Among the various ways of using eBPF, OVS has been exploring the power of eBPF in three: (1) attaching eBPF to TC, (2) offloading a subset of processing to XDP, and (3) by-passing the kernel using AF_XDP. Unfortunately, as of today, none of the three approaches satisfies the requirements of OVS. In this presentation, we’d like to share the challenges we faced, experience learned, and seek for feedbacks from the community for future direction.
Attaching eBPF to TC started first with the most aggressive goal: we planned to re-implement the entire features of OVS kernel datapath under net/openvswitch/* into eBPF code. We worked around a couple of limitations, for example, the lack of TLV support led us to redefine a binary kernel-user API using a fixed-length array; and without a dedicated way to execute a packet, we created a dedicated device for user to kernel packet transmission, with a different BPF program attached to handle packet execute logic. Currently, we are working on connection tracking. Although a simple eBPF map can achieve basic operations of conntrack table lookup and commit, how to handle NAT, (de)fragmentation, and ALG are still under discussion.
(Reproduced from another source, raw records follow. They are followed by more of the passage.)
//! Three servers that answer what they are told to.
ghost use Rattle.std.specs.Prelude.{◌≡◌, ◌<◌, IfOk, length, vec_len};

use crate::script::{Replies, Script, Turns};
use byte_streams::MemoryOut;
use byte_texts::{Memory, Text, TextList};
use cluster_admin::{KeyList, Survey};
use key_slots::{NodeId, OwnerTable};
use redis_servers::ServersPort;
use server_commands::{Server, ServerBook};
use server_links::Link;
use std::alloc::{AllocError, Global};

pub const OK: &[u8] = b"+OK\r\n";

/// No reply, and one +OK.
pub const NONE: Replies = &[];

pub const ONE: Replies = &[OK];

pub type ScriptedPort = ServersPort<Script, MemoryOut, Turns>;

pub type ScriptedLink = Link<Script, MemoryOut>;

/// A text of the bytes, of which there are few.
pub fn text(alloc: Global, bytes: &[u8]) -> Result<Text, Memory> {
    if bytes.len() > 100 {
        return Err(AllocError);
    }
    Text::from_slice(alloc, bytes)
}

/// The server with this name at the port.
pub fn server(alloc: Global, name: &[u8], port: u16) -> Result<Server, Memory> {
    Ok(Server {
        name: text(alloc, name)?,
        host: text(alloc, b"127.0.0.1")?,
        port,
    })
}

/// The servers n0 to n2.
pub fn book(alloc: Global) -> Result<ServerBook, Memory>
    ensures { IfOk result (λ b. length b ≡ 3) }
{
    let first = server(alloc, b"aaaaaaaaaaaaaaaaaaaaaaaaaaaaaaaaaaaaaaaa", 7000)?;
    let second = server(alloc, b"bbbbbbbbbbbbbbbbbbbbbbbbbbbbbbbbbbbbbbbb", 7001)?;
    let third = server(alloc, b"cccccccccccccccccccccccccccccccccccccccc", 7002)?;
    Ok(ServerBook::of(vec![in alloc; first, second, third]?))
}

pub fn link(alloc: Global, replies: Replies, size: usize) -> Result<ScriptedLink, Memory> {
    Link::new(
        alloc,
        Script::new(replies, size),
        MemoryOut::new(alloc, 100_000),
    )
}

/// Connections to the servers n0 to n2, with these replies.
pub fn links(
    alloc: Global,
    first: Replies,
    second: Replies,
    third: Replies,
) -> Result<Vec<ScriptedLink>, Memory>
    ensures { IfOk result (λ v. vec_len v ≡ 3) }
{
    let first = link(alloc, first, 100)?;
    let second = link(alloc, second, 100)?;
    let third = link(alloc, third, 100)?;
    Ok(vec![in alloc; first, second, third]?)
}

/// The survey of three servers that share the slots evenly.
pub fn survey(alloc: Global) -> Result<Survey, Memory>
    ensures { IfOk result (λ v. length v.rows ≡ 3) }
{
    let owners = OwnerTable::even(alloc, 3, 3)?;
    Survey::closed(alloc, &owners)
}

/// What a master answers to ROLE, and what a replica does.
pub const MASTER: &[u8] =
    b"*3\r\n$6\r\nmaster\r\n:120\r\n*1\r\n*3\r\n$9\r\n127.0.0.1\r\n$4\r\n7003\r\n$3\r\n120\r\n";

pub const SLAVE: &[u8] =
    b"*5\r\n$5\r\nslave\r\n$9\r\n127.0.0.1\r\n:7003\r\n$9\r\nconnected\r\n:120\r\n";

/// A port to three servers with these replies. A wait for a config epoch ends after three turns.
pub fn port(
    alloc: Global,
    first: Replies,
    second: Replies,
    third: Replies,
) -> Result<ScriptedPort, Memory>
    ensures { IfOk result (λ p. length p.setup.book ≡ 3) }
{
    port_after(alloc, survey(alloc)?, first, second, third)
}

/// A port to the servers after this survey.
pub fn port_after(
    alloc: Global,
    survey: Survey,
    first: Replies,
    second: Replies,
    third: Replies,
) -> Result<ScriptedPort, Memory>
    requires { length survey.rows ≡ 3 }
    ensures { IfOk result (λ p. length p.setup.book ≡ 3) }
{
    port_that(alloc, survey, false, first, second, third)
}

/// A port that waits until all have heard of a slot's new owner.
pub fn waiting_port(
    alloc: Global,
    first: Replies,
    second: Replies,
    third: Replies,
) -> Result<ScriptedPort, Memory>
    ensures { IfOk result (λ p. length p.setup.book ≡ 3) }
{
    port_that(alloc, survey(alloc)?, true, first, second, third)
}

fn port_that(
    alloc: Global,
    survey: Survey,
    waits_for_news: bool,
    first: Replies,
    second: Replies,
    third: Replies,
) -> Result<ScriptedPort, Memory>
    requires { length survey.rows ≡ 3 }
    ensures { IfOk result (λ p. length p.setup.book ≡ 3) }
{
    let links = links(alloc, first, second, third)?;
    let pause = Turns { turns: 3, left: 3 };
    ServersPort::new(
        alloc,
        links,
        book(alloc)?,
        60_000,
        None,
        survey,
        waits_for_news,
        pause,
    )
}

/// The bytes that were written to the server.
pub fn written(port: &ScriptedPort, node: u8) -> &[u8]
    requires node { node < 3 }
    requires servers { length port.now.setup.book ≡ 3 }
{
    port.link(NodeId::of(node)).writer().bytes.as_slice()
}

pub fn keys(alloc: Global, words: &[&[u8]]) -> Result<KeyList, Memory> {
    let mut list = TextList::new(alloc);
    for word in words {
        list.push(text(alloc, word)?)?;
    }
    Ok(list)
}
Moving one layer below TC is called XDP (eXpress Data Path), a much faster layer for packet processing, but with almost no extra packet metadata and limited BPF helpers support. Depending on the complexity of flows, OVS can offload a subset of its flow processing to XDP when feasible. However, the fact that XDP has fewer helper function support implies that either 1) only very limited number of flows are eligible for offload, or 2) more flow processing logic needed to be done in native eBPF.
AF_XDP represents another form of XDP, with a socket interface for control plane and a shared memory API for accessing packets from userspace applications. OVS today has another full-fledged datapath implementation in userspace, called dpif-netdev, used by DPDK community. By treating the AF_XDP as a fast packet-I/O channel, the OVS dpif-netdev can satisfy almost all existing features. We are working on building the prototype and evaluating its performance.